**BRIEF**
Repeat the records below exactly, line for line.

Collected data
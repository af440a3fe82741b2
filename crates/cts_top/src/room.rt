//! Room for the lists of a form.

ghost use Rattle.std.specs.Prelude.{◌≡◌, [], IfOk};

use std::alloc::{AllocError, Global};

/// More than the figures of the greatest tree, which come last, and less than its nodes, which then get pages of
/// their own: in bytes.
pub const TREE_ROOM: usize = 9_000_000;

/// More than the report of most trees: in bytes. The C library lets lists of up to 32 MiB lie in one heap.
pub const REPORT_ROOM: usize = 31 << 20;

/// The length in bytes of a heap's first piece.
const FIRST: usize = 65_536;

/// Asks for room and gives it back. The C library then keeps lists of up to this length in one heap, where
/// each takes the place of those that went, and asks the system for the pages of longer ones alone. Whether
/// there is such room doesn't matter.
///
/// Answers the first piece of that heap. Short lists take its place once it goes, and then don't lie between
/// long ones.
pub fn open_heap(alloc: Global, room: usize) -> Result<Vec<u8>, AllocError>
    ensures { IfOk result (λ first. first.items ≡ []) }
{
    let first = Vec::with_capacity(alloc, FIRST);
    let _asked: Result<Vec<u8>, AllocError> = Vec::with_capacity(alloc, room);
    first
}
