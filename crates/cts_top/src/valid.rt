//! What is known of every instance.

ghost use Rattle.cts_instance.specs.Validity.{IsValid};

use cts_instance::Instance;

/// Says that an instance is valid, as each call that reads it does. The limits of what is printed rest on that.
pub fn instance_is_valid(instance: &Instance)
    ensures { IsValid instance.now }
{
    let _die = instance.die();
}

**RESPONSE TO THE TASK**
repository af440a3fe82741b2
filename crates/cts_top/src/room.rt
//! Room for the lists of a form.

ghost use Rattle.std.specs.Prelude.{◌≡◌, [], IfOk};

use std::alloc::{AllocError, Global};

/// More than the figures of the greatest tree, which come last, and less than its nodes, which then get pages of
/// their own: in bytes.
pub const TREE_ROOM: usize = 9_000_000;

/// More than the report of most trees: in bytes. The C library lets lists of up to 32 MiB lie in one heap.
pub const REPORT_ROOM: usize = 31 << 20;

/// The length in bytes of a heap's first piece.
const FIRST: usize = 65_536;

/// Asks for room and gives it back. The C library then keeps lists of up to this length in one heap, where
/// each takes the place of those that went, and asks the system for the pages of longer ones alone. Whether
/// there is such room doesn't matter.
///
/// Answers the first piece of that heap. Short lists take its place once it goes, and then don't lie between
/// long ones.
pub fn open_heap(alloc: Global, room: usize) -> Result<Vec<u8>, AllocError>
    ensures { IfOk result (λ first. first.items ≡ []) }
{
    let first = Vec::with_capacity(alloc, FIRST);
    let _asked: Result<Vec<u8>, AllocError> = Vec::with_capacity(alloc, room);
    first
}
filename crates/cts_top/src/valid.rt
//! What is known of every instance.

ghost use Rattle.cts_instance.specs.Validity.{IsValid};

use cts_instance::Instance;

/// Says that an instance is valid, as each call that reads it does. The limits of what is printed rest on that.
pub fn instance_is_valid(instance: &Instance)
    ensures { IsValid instance.now }
{
    let _die = instance.die();
}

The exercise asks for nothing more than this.